Sudáfrica, el reparto agrario que no se materializa.

A tres décadas del fin del Apartheid en Sudáfrica, las desigualdades estructurales de ese sistema se han mantenido; para corregirlas, una ley impulsada por el presidente Cyril Ramaphosa busca modernizar las facultades del Estado; sin embargo, las medidas contenidas en la ley se han vuelto controversiales dentro y fuera del país.

El Acta de Expropiación 2024, firmada por el presidente Ramaphosa a finales de enero, brinda al Estado la posibilidad de confiscar propiedad privada cuando se haga con fines de beneficio público o de interés público y regula el procedimiento mediante el cual los dueños de la tierra pueden recibir compensación por lo expropiado.

El proyecto de ley que dio origen a estas disposiciones fue impulsado desde 2020 por el Congreso Nacional Africano (ANC), el partido gobernante desde 1994, y proponía derogar las leyes vigentes desde 1975 para alinearlas con los valores incluyentes e igualitarios de su actual Constitución.

Respecto al progreso logrado, la doctora Beatriz Escobar, coordinadora del módulo Integración en el Continente Africano en el marco de la Unión Africana, resalta que los gobiernos democráticos en Sudáfrica han logrado avances importantes en la mejoría de las condiciones de la población negra; sin embargo, aún quedan muchas áreas por atender.

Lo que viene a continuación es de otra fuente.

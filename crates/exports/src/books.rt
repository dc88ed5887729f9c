// Books written as sheets, and sheets written back.
ghost use Rattle.std.specs.Prelude.{◌≡◌, leb, length};
ghost use Rattle.format.specs.Format.{read};
ghost use Rattle.sheet_book.specs.BookStruct.{held_book, read_answer};
ghost use Rattle.c_books.specs.HandedBooks.{step_places, handed_steps, model_places, handed_models};
ghost use Rattle.c_books.specs.HandedBooks.{handed_book};
ghost use Rattle.c_book_runs.specs.c_writes.WriteCalls.{book_fits};
ghost use Rattle.c_book_runs.specs.c_writes.WriteCalls.{write_state, called_write, called_rewrite};

use c_book_runs::c_writes;
use model_types::Key;

// A book is written as a sheet into the buffer: the refusal's number, 0 without one, or MISUSED. The refusal's place
// and the length go into the numbers.
#[unsafe(no_mangle)]
pub extern "C" fn hechroung_raw_write_sheet(
    n: u8,
    d: u8,
    modelcount: usize,
    stepcount: usize,
    ns: &[u8],
    counts: &[usize],
    radii: &[u64],
    keys: &[Key],
    coefficients: &[i64],
    fields: &[u8],
    values: &[i64],
    buffer: &mut [u8],
    numbers: &mut [u64],
) -> u8
    ensures { write_state result buffer.new numbers.new
        ≡ called_write
        (book_fits modelcount (model_places (length ns.now) (length counts.now)
        (length radii.now) (length keys.now) (length coefficients.now))
        stepcount (step_places (length fields.now) (length values.now))
        (length numbers.old))
        (held_book (handed_book n d modelcount stepcount
        (handed_models ns.now counts.now radii.now keys.now
        coefficients.now)
        (handed_steps fields.now values.now)))
        buffer.old numbers.old }
{
    c_writes::write_book(
        n,
        d,
        modelcount,
        stepcount,
        ns,
        counts,
        radii,
        keys,
        coefficients,
        fields,
        values,
        buffer,
        numbers,
    )
}

// A sheet is read, and what was read is written into the buffer: the refusal's number, 0 without one, or MISUSED. The
// refusal's place and the length go into the numbers.
#[unsafe(no_mangle)]
pub extern "C" fn hechroung_raw_rewrite(sheet: &[u8], buffer: &mut [u8], numbers: &mut [u64]) -> u8
    ensures { write_state result buffer.new numbers.new
        ≡ called_rewrite (leb 2 (length numbers.old)) (read_answer (read sheet.now))
        buffer.old numbers.old }
{
    c_writes::rewrite_sheet(sheet, buffer, numbers)
}
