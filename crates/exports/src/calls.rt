// The single calls. Their code is a number, as C hands it over.
ghost use Rattle.std.specs.Prelude.{◌≡◌, length};
ghost use Rattle.model_types.specs.ModelStruct.{view};
ghost use Rattle.model_slices.specs.HandedModels.{handed, model_room};
ghost use Rattle.c_calls.specs.CallCodes.{model_call, ends_call, call_fits, ends_call_fits};
ghost use Rattle.c_calls.specs.CallCodes.{called_state, called, ends_state, called_ends, coordinates};

use model_types::Key;

// A call that answers with a model: the refusal's number, 0 without one, or MISUSED. The answer's 64 keys and
// coefficients go into two slices, the refusal's place, n, the count and the radius into the third.
#[unsafe(no_mangle)]
pub extern "C" fn hechroung_raw_call(
    code: u8,
    d: u8,
    i: u8,
    value: i64,
    n1: u8,
    count1: usize,
    radius1: u64,
    keys1: &[Key],
    coefficients1: &[i64],
    n2: u8,
    count2: usize,
    radius2: u64,
    keys2: &[Key],
    coefficients2: &[i64],
    keys: &mut [Key],
    coefficients: &mut [i64],
    numbers: &mut [u64],
) -> u8
    ensures { called_state result keys.new coefficients.new numbers.new
        ≡ called
        (call_fits code count1 (length keys1.now) (length coefficients1.now)
        count2 (length keys2.now) (length coefficients2.now)
        (model_room (length keys.old) (length coefficients.old) (length numbers.old)))
        (model_call code d i value
        (view (handed n1 count1 radius1 keys1.now coefficients1.now))
        (view (handed n2 count2 radius2 keys2.now coefficients2.now)))
        keys.old coefficients.old numbers.old }
{
    c_dispatch::call(
        code,
        d,
        i,
        value,
        n1,
        count1,
        radius1,
        keys1,
        coefficients1,
        n2,
        count2,
        radius2,
        keys2,
        coefficients2,
        keys,
        coefficients,
        numbers,
    )
}

// A call that answers with two ends: the refusal's number, 0 without one, or MISUSED. The ends, the quotient and the
// remainder go into the slice; the last two are 0 but for an integral. Evaluate takes the first eight coordinates of
// the point, the others do not look at it. The place of every refusal is 0.
#[unsafe(no_mangle)]
pub extern "C" fn hechroung_raw_ends(
    code: u8,
    n: u8,
    count: usize,
    radius: u64,
    keys: &[Key],
    coefficients: &[i64],
    point: &[i64],
    ends: &mut [i64],
) -> u8
    ensures { ends_state result ends.new
        ≡ called_ends
        (ends_call_fits code count (length keys.now) (length coefficients.now)
        (length point.now) (length ends.old))
        (ends_call code (coordinates point.now)
        (view (handed n count radius keys.now coefficients.now)))
        ends.old }
{
    c_dispatch::ends(code, n, count, radius, keys, coefficients, point, ends)
}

Las condiciones materiales de la mayoría de la población han cambiado, pero no al ritmo que se requiere. El empoderamiento negro ha sido una base de la política sudafricana desde 1994, pero se ha concentrado en una minoría relacionada con el partido en el gobierno, dejando de lado a gran parte de la población, apunta la especialista.

Si bien la ley obtuvo apoyo dentro de Sudáfrica, también ha generado indignación por las posibles ramificaciones de su uso. Uno de los puntos más contenciosos de la nueva legislación es la definición de interés público, ya que contempla la construcción de infraestructura como beneficio público, pero también considera el compromiso con la reforma agraria y el acceso equitativo a los recursos naturales.

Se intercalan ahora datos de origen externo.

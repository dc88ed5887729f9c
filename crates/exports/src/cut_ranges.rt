// The range of a cut box.
ghost use Rattle.std.specs.Prelude.{◌≡◌, length};
ghost use Rattle.c_cuts.specs.CutCalls.{handed_cut, cut_fits, cut_state, called_cut};

use model_types::Key;

// The range of a model, variable i cut into 2^k pieces, with order d: the refusal's number, 0 without one, or MISUSED.
// The two ends go into one slice, the refusal's place into the other.
#[unsafe(no_mangle)]
pub extern "C" fn hechroung_raw_range_cut(
    d: u8,
    i: u8,
    k: u8,
    n: u8,
    count: usize,
    radius: u64,
    keys: &[Key],
    coefficients: &[i64],
    ends: &mut [i64],
    numbers: &mut [u64],
) -> u8
    ensures { cut_state result ends.new numbers.new
        ≡ called_cut
        (cut_fits count (length keys.now) (length coefficients.now)
        (length ends.old) (length numbers.old))
        (handed_cut d i k n count radius keys.now coefficients.now)
        ends.old numbers.old }
{
    c_cuts::range_cut(d, i, k, n, count, radius, keys, coefficients, ends, numbers)
}
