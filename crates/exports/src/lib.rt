// The library for other languages: document 01's calls and runs on numbers and slices. Each exported function takes
// anything that its types can hold. A slice that is too short, or a code that names no call, is answered with MISUSED,
// and nothing is changed then; every other answer is document 01's, its number 0 where nothing is refused.
#![tactic(auto)]

pub mod calls; // calls.rt: the single calls
pub mod quotients; // quotients.rt: the single call of four models
pub mod books; // books.rt: books written
pub mod runs; // runs.rt: sheets and books run
pub mod shares; // shares.rt: the same with where each radius came from
pub mod sheets; // sheets.rt: sheets printed and taken apart
pub mod curves; // curves.rt: calls on curves in Chebyshev polynomials, and their conversion
pub mod cut_ranges; // cut_ranges.rt: the range of a cut box
pub mod double_curves; // double_curves.rt: curves that are delivered in doubles
pub mod reading_rows; // reading_rows.rt: rows of readings held against a model
pub mod archived_models; // archived_models.rt: models in the archive
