// The archive: models in bytes, low degrees first.
ghost use Rattle.std.specs.Prelude.{◌≡◌, length};
ghost use Rattle.model_types.specs.ModelStruct.{view};
ghost use Rattle.model_slices.specs.HandedModels.{handed, model_room};
ghost use Rattle.c_calls.specs.CallCodes.{called_state, called};
ghost use Rattle.c_archive.specs.ArchiveCalls.{store_fits, store_state, called_store, restored_call};

use model_types::Key;

// A model is stored in the archive's form, from the buffer's start on: the refusal's number, 0 without one, or MISUSED.
// The refusal's place and the length go into the numbers; bytes beyond the length stay, all of them with a refusal.
#[unsafe(no_mangle)]
pub extern "C" fn hechroung_raw_store_model(
    n: u8,
    count: usize,
    radius: u64,
    keys: &[Key],
    coefficients: &[i64],
    buffer: &mut [u8],
    numbers: &mut [u64],
) -> u8
    ensures { store_state result buffer.new numbers.new
        ≡ called_store
        (store_fits count (length keys.now) (length coefficients.now)
        (length numbers.old))
        (view (handed n count radius keys.now coefficients.now))
        buffer.old numbers.old }
{
    c_archive::store_model(n, count, radius, keys, coefficients, buffer, numbers)
}

// The model that the first `terms` terms of an archived one make, or all if there are fewer: the refusal's number, 0
// without one, or MISUSED. The answer's 64 keys and coefficients go into two slices, the refusal's place, n, the count
// and the radius into the third.
#[unsafe(no_mangle)]
pub extern "C" fn hechroung_raw_restore_model(
    bytes: &[u8],
    terms: usize,
    keys: &mut [Key],
    coefficients: &mut [i64],
    numbers: &mut [u64],
) -> u8
    ensures { called_state result keys.new coefficients.new numbers.new
        ≡ called
        (model_room (length keys.old) (length coefficients.old) (length numbers.old))
        (restored_call bytes.now terms)
        keys.old coefficients.old numbers.old }
{
    c_archive::restore_model(bytes, terms, keys, coefficients, numbers)
}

30 años sin reparto agrario

En los 30 años de gobierno del ANC, la redistribución de tierras sigue siendo un tema en constante discusión, pero con pocos acuerdos y resultados.

Con más de 1.2 millones de kilómetros cuadrados, Sudáfrica es un país rico en recursos naturales, incluyendo minerales valiosos y tierras raras, así como tierra agrícola, que compone el 79% del país. Sin embargo, durante el Apartheid, la población negra fue privada del derecho a poseer tierras, siendo expulsada por la minoría blanca.

Más de 30 años después del fin del Apartheid, solo 4% de la tierra cultivable es poseída por sudafricanos negros, quienes representan el 80% de la población. El Acta de Expropiación busca dar herramientas para reducir esta desigualdad de manera justa y legal.

La doctora Escobar señala que el gobierno ha tratado el tema con cautela para evitar crisis como la de Zimbabwe, donde la expropiación masiva llevó a hambrunas.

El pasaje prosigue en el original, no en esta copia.